Stanęła prosto obejmując bukiet, przyłożyła do niego nos i przymknęła powieki, za plecami miała ścianę z drzew, wszystkie były pokryte śniegiem, który był również dookoła niej. Była ubrana cała na czarno, jej włosy były spięte ale trochę potargane po ich bitwie nie śnieżki. Wyglądała obłędnie. Zrobiłem jej zdjęcie i wysłałem je do niej.
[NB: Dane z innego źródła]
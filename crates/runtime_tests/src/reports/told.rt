//! The lines of a report, and the bytes before the first gap of an output, or the first poison.

use super::{Case, Told, all_tell};
use crate::literals::{poison, reads, value, writes};
use flow_core::{ControlEnd, TaskEnd};
use std::test::Fail;

const DONE: Option<TaskEnd> = Some(TaskEnd::Done);

const OVER: Option<TaskEnd> = Some(TaskEnd::OverBudget);

/// A trap on a line.
macro_rules! trapped {
    ($code:expr, $line:expr) => {
        Some(TaskEnd::Trapped {
            code: $code,
            line: $line,
        })
    };
}

/// An end by the root of poison.
macro_rules! poisoned {
    ($root:expr) => {
        Some(TaskEnd::Poisoned { root: $root })
    };
}

static STARVED: [Told; 3] = [
    // Cycles: each waits for another one, and the last for itself.
    (
        Case {
            streams: 4,
            input_len: 0,
            tasks: &[
                &[reads!(2, 1, 1, 0), writes!(3, 1)],
                &[reads!(3, 1, 1, 0), writes!(2, 1)],
                &[reads!(2, 1, 1, 0), writes!(2, 1)],
            ],
            ends: &[None, None, None],
            output: &[],
            control: ControlEnd::Done,
        },
        b"",
        "starved 0 stream 2 position 0 producer 1 starved\nstarved 1 stream 3 position 0 producer 0 starved\n\
            starved 2 stream 2 position 1 producer 2 starved\ncontrol done\noutput 0 of 0\n",
    ),
    // An input that is too short.
    (
        Case {
            streams: 3,
            input_len: 2,
            tasks: &[
                &[reads!(0, 4, 4, 0), writes!(2, 1)],
                &[reads!(2, 1, 1, 0), writes!(1, 1)],
            ],
            ends: &[None, None],
            output: &[None],
            control: ControlEnd::Done,
        },
        b"",
        "starved 0 stream 0 position 2 producer none\nstarved 1 stream 2 position 0 producer 0 starved\ncontrol done\noutput 0 of 1\n",
    ),
    // Activations that read from one that trapped, and from one that ran over budget.
    (
        Case {
            streams: 3,
            input_len: 0,
            tasks: &[
                &[writes!(2, 1)],
                &[writes!(2, 1)],
                &[reads!(2, 1, 1, 0)],
                &[reads!(2, 1, 1, 0)],
            ],
            ends: &[trapped!(8, 4_294_967_295), OVER, poisoned!(0), poisoned!(1)],
            output: &[],
            control: ControlEnd::Trapped { code: 6, line: 3 },
        },
        b"",
        "trapped 0 code 8 line 4294967295\nover-budget 1\npoisoned 2 by 0\npoisoned 3 by 1\ncontrol trapped code 6 line 3\noutput 0 of 0\n",
    ),
];

#[test]
fn starved_activations_are_told(rt: HostRuntime) -> Result<(), Fail> {
    all_tell(&rt, &STARVED)
}

static GAPS: [Told; 4] = [
    // A trap in the middle: the value behind the poison isn't written.
    (
        Case {
            streams: 2,
            input_len: 3,
            tasks: &[
                &[reads!(0, 1, 1, 0), writes!(1, 1)],
                &[reads!(0, 1, 1, 0), writes!(1, 1)],
                &[reads!(0, 1, 1, 0), writes!(1, 1)],
            ],
            ends: &[DONE, trapped!(2, 6), DONE],
            output: &[value!(50), poison!(1), value!(20)],
            control: ControlEnd::Done,
        },
        b"\x32",
        "trapped 1 code 2 line 6\ncontrol done\noutput 1 of 3\n",
    ),
    // Two traps.
    (
        Case {
            streams: 2,
            input_len: 0,
            tasks: &[&[writes!(1, 1)], &[writes!(1, 1)], &[writes!(1, 1)]],
            ends: &[DONE, trapped!(1, 6), trapped!(1, 8)],
            output: &[value!(0), poison!(1), poison!(2)],
            control: ControlEnd::Done,
        },
        b"\0",
        "trapped 1 code 1 line 6\ntrapped 2 code 1 line 8\ncontrol done\noutput 1 of 3\n",
    ),
    // Over budget.
    (
        Case {
            streams: 2,
            input_len: 0,
            tasks: &[&[writes!(1, 1)]],
            ends: &[OVER],
            output: &[poison!(0)],
            control: ControlEnd::Done,
        },
        b"",
        "over-budget 0\ncontrol done\noutput 0 of 1\n",
    ),
    // Within the budget.
    (
        Case {
            streams: 2,
            input_len: 0,
            tasks: &[&[writes!(1, 1)]],
            ends: &[DONE],
            output: &[value!(4)],
            control: ControlEnd::Done,
        },
        b"\x04",
        "control done\noutput 1 of 1\n",
    ),
];

#[test]
fn the_output_ends_at_the_first_gap(rt: HostRuntime) -> Result<(), Fail> {
    all_tell(&rt, &GAPS)
}

static CONTROLS: [Told; 3] = [
    // A control program over budget.
    (
        Case {
            streams: 2,
            input_len: 0,
            tasks: &[&[writes!(1, 1)], &[writes!(1, 1)], &[writes!(1, 1)]],
            ends: &[DONE, DONE, DONE],
            output: &[value!(0), value!(1), value!(2)],
            control: ControlEnd::OverBudget,
        },
        b"\x00\x01\x02",
        "control over-budget\noutput 3 of 3\n",
    ),
    // A limit, and nothing else.
    (
        Case {
            streams: 2,
            input_len: 0,
            tasks: &[],
            ends: &[],
            output: &[],
            control: ControlEnd::Limit(2),
        },
        b"",
        "control limit 2\noutput 0 of 0\n",
    ),
    // The largest numbers.
    (
        Case {
            streams: 65_538,
            input_len: 0,
            tasks: &[&[reads!(65_537, 1, 1, 4_611_686_018_427_387_902)]],
            ends: &[None],
            output: &[],
            control: ControlEnd::Trapped {
                code: 255,
                line: 4_294_967_295,
            },
        },
        b"",
        "starved 0 stream 65537 position 4611686018427387902 producer none\ncontrol trapped code 255 line 4294967295\noutput 0 of 0\n",
    ),
];

#[test]
fn the_control_program_is_told(rt: HostRuntime) -> Result<(), Fail> {
    all_tell(&rt, &CONTROLS)
}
Kiedy pobiegła do domu ubrać się cieplej i zanieść kwiaty do swojego pokoju, ustawiłem sobie to zdjęcie na tapetę w telefonie. Czekając na nią zacząłem robić pierwszą kulę z JJem do naszego bałwana. Dziewczyna wróciła jak już prawie kończyliśmy, więc wzięła się za środkową kulę. Ubrała na siebie czarną kurtkę, której nie miała zamiaru zapiąć, ale chociaż miała na dłoniach rękawiczki. Skończyliśmy lepić bałwana, JJ włożył mu marchewkę mającą służyć za nos, dołożył dwa czarne kamienie, które były oczami. Wcisnął mu patyki w boki a na głowę założył czapkę z daszkiem. Bałwan był trochę koślawy, ale całkiem niezły. Kiedy skończyliśmy, młody nalegał żebyśmy zrobili sobie kilka zdjęć z bałwanem, później poszliśmy wszyscy do środka, żeby się rozgrzać. JJ poszedł się przebrać, ja też zmieniłem spodnie u Kory w pokoju, powiedziała mi gdzie znajdę moje dresy, które kiedyś u niej zostawiłem. Kora zrobiła dla nas herbatę, a dla siebie kawę i po chwili dołączyła do nas na górze. Młody usiadł przy biurku i zaczął pić ciepły napój, a my usiedliśmy na łóżku.